In The Book of Why Judea Pearl writes, “the slope (after scaling) is the same no matter whether you plot X against Y or Y against X. In other words, the slope is completely agnostic as to cause and effect. One variable could cause the other, or they could both be effects of a third cause; for the purpose of prediction, it does not matter.”
In statistics we all know that correlation is not causation, but this quote helps us remember important information when we see a statistical analysis and a plot with linear regression line running through it. The regression line is like the owl that Pearl had described earlier in the book. The owl is able to predict where a mouse is likely to be and able to predict which direction it will run, but the owl does not seem to know why a mouse is likely to be in a given location or why it is likely to run in one direction over another. It simply knows from experience and observation what a mouse is likely to do.
The regression line is a best fit for numerous observations, but it doesn’t tell us whether one variable causes another or whether both are influenced in a similar manner by another variable. The regression line knows where the mouse might be and where it might run, but it doesn’t know why.
In statistics courses we end at this point of correlation. We might look for other variables that are correlated or try to control for third variables to see if the relationship remains, but we never answer the question of causality, we never get to the why. Pearl thinks this is a limitation we do not need to put on ourselves. Humans, unlike owls, can understand causality, we can recognize the various reasons why a mouse might be hiding under a bush, and why it may chose to run in one direction rather than another. Correlations can help us start to see where relationships exist, but it is the ability of our mind to understand causal pathways that helps us determine causation.
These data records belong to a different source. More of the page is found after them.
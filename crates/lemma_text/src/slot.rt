// Which number of which piece is read, and what was read of the piece before it.
ghost use Rattle.std.specs.Prelude.{◌≡◌, true};
ghost use Rattle.lemma_text.specs.Numerals.{value_fits};
ghost use Rattle.lemma_text.specs.Asked.{asks, reason_field, reason_of, counted, first_state, number_of};
ghost use Rattle.lemma_text.specs.declared.parts.Field.TheVariants.{Variable, Constraint as ConstraintField, Named};
ghost use Rattle.lemma_text.specs.declared.parts.Numeral.TheVariants.{Start};

use crate::parts::{Field, Form};
use lemma_list::{LemmaId, Reason};
use qc_model::{ConId, VarId};

// What a reason names.
#[derive(Clone, Copy)]
pub(crate) enum By {
    Constraint,
    Lemma,
}

// A number that is read, with the numbers before it.
#[derive(Clone, Copy)]
pub(crate) enum Slot {
    LiteralVariable,
    LiteralLow { x: VarId },
    LiteralHigh { x: VarId, lo: i64 },
    SumConstraint,
    SumLow { c: ConId },
    SumHigh { c: ConId, lo: i64 },
    CutVariable { by: By },
    CutLow { by: By, x: VarId },
    CutHigh { by: By, x: VarId, lo: i64 },
    CutReason { by: By, x: VarId, lo: i64, hi: i64 },
    ChoiceVariable,
    ChoiceValue { x: VarId },
    LostTo { by: By },
    Forgotten,
}

// The first number of a piece.
pub(crate) fn first_slot(form: Form) -> Slot
    ensures { number_of result Start ≡ first_state form }
{
    match form {
        Form::Literal => Slot::LiteralVariable,
        Form::Sum => Slot::SumConstraint,
        Form::CutByConstraint => Slot::CutVariable { by: By::Constraint },
        Form::CutByLemma => Slot::CutVariable { by: By::Lemma },
        Form::Choice => Slot::ChoiceVariable,
        Form::LostToConstraint => Slot::LostTo { by: By::Constraint },
        Form::LostToLemma => Slot::LostTo { by: By::Lemma },
        Form::Forgotten => Slot::Forgotten,
    }
}

pub(crate) fn field_of(slot: Slot) -> Field
    ensures { result ≡ (asks slot).field }
{
    match slot {
        Slot::LiteralVariable => Field::Variable,
        Slot::LiteralLow { x: _ } => Field::Value,
        Slot::LiteralHigh { x: _, lo: _ } => Field::Value,
        Slot::SumConstraint => Field::Constraint,
        Slot::SumLow { c: _ } => Field::Total,
        Slot::SumHigh { c: _, lo: _ } => Field::Total,
        Slot::CutVariable { by: _ } => Field::Variable,
        Slot::CutLow { by: _, x: _ } => Field::Value,
        Slot::CutHigh { by: _, x: _, lo: _ } => Field::Value,
        Slot::CutReason {
            by,
            x: _,
            lo: _,
            hi: _,
        } => named_by(by),
        Slot::ChoiceVariable => Field::Variable,
        Slot::ChoiceValue { x: _ } => Field::Value,
        Slot::LostTo { by } => named_by(by),
        Slot::Forgotten => Field::Named,
    }
}

fn named_by(by: By) -> Field
    ensures { result ≡ reason_field by }
{
    match by {
        By::Constraint => Field::Constraint,
        By::Lemma => Field::Named,
    }
}

pub(crate) fn variable(number: i64) -> VarId
    requires { value_fits Variable number ≡ true }
    ensures { counted result.0 ≡ number }
{
    VarId((number.unsigned_abs() - 1) as u16)
}

pub(crate) fn constraint(number: i64) -> ConId
    requires { value_fits ConstraintField number ≡ true }
    ensures { counted result.0 ≡ number }
{
    ConId((number.unsigned_abs() - 1) as u16)
}

pub(crate) fn lemma(number: i64) -> LemmaId
    requires { value_fits Named number ≡ true }
    ensures { counted result.0 ≡ number }
{
    LemmaId((number.unsigned_abs() - 1) as u32)
}

pub(crate) fn reason(by: By, number: i64) -> Reason
    requires { value_fits (reason_field by) number ≡ true }
    ensures { result ≡ reason_of by number }
{
    match by {
        By::Constraint => Reason::Constraint(constraint(number)),
        By::Lemma => Reason::Lemma(lemma(number)),
    }
}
Pearl argues that statisticians avoid these causal arguments out of caution, but that it only ends up creating more problems down the line. Important statistical research in areas of high interest or concern to law-makers, business people, or the general public are carried beyond the cautious bounds that causality-averse statisticians place on their work. Showing correlations without making an effort to understand the causality behind it makes scientific work vulnerable to the epistemically malevolent who would like to use correlations to their own ends. While statisticians rigorously train themselves to understand that correlation is not causation, the general public and those struck with motivated reasoning don’t hold themselves to the same standard. Leaving statistical analysis at the level of correlation means that others can attribute the cause and effect of their choice to the data, and the proposed causal pathways can be wildly inaccurate and even dangerous. Pearl suggests that statisticians and researchers are thus obligated to do more with causal structures, to round off their work and better develop ideas of causation that can be defended once their work is beyond the world of academic journals.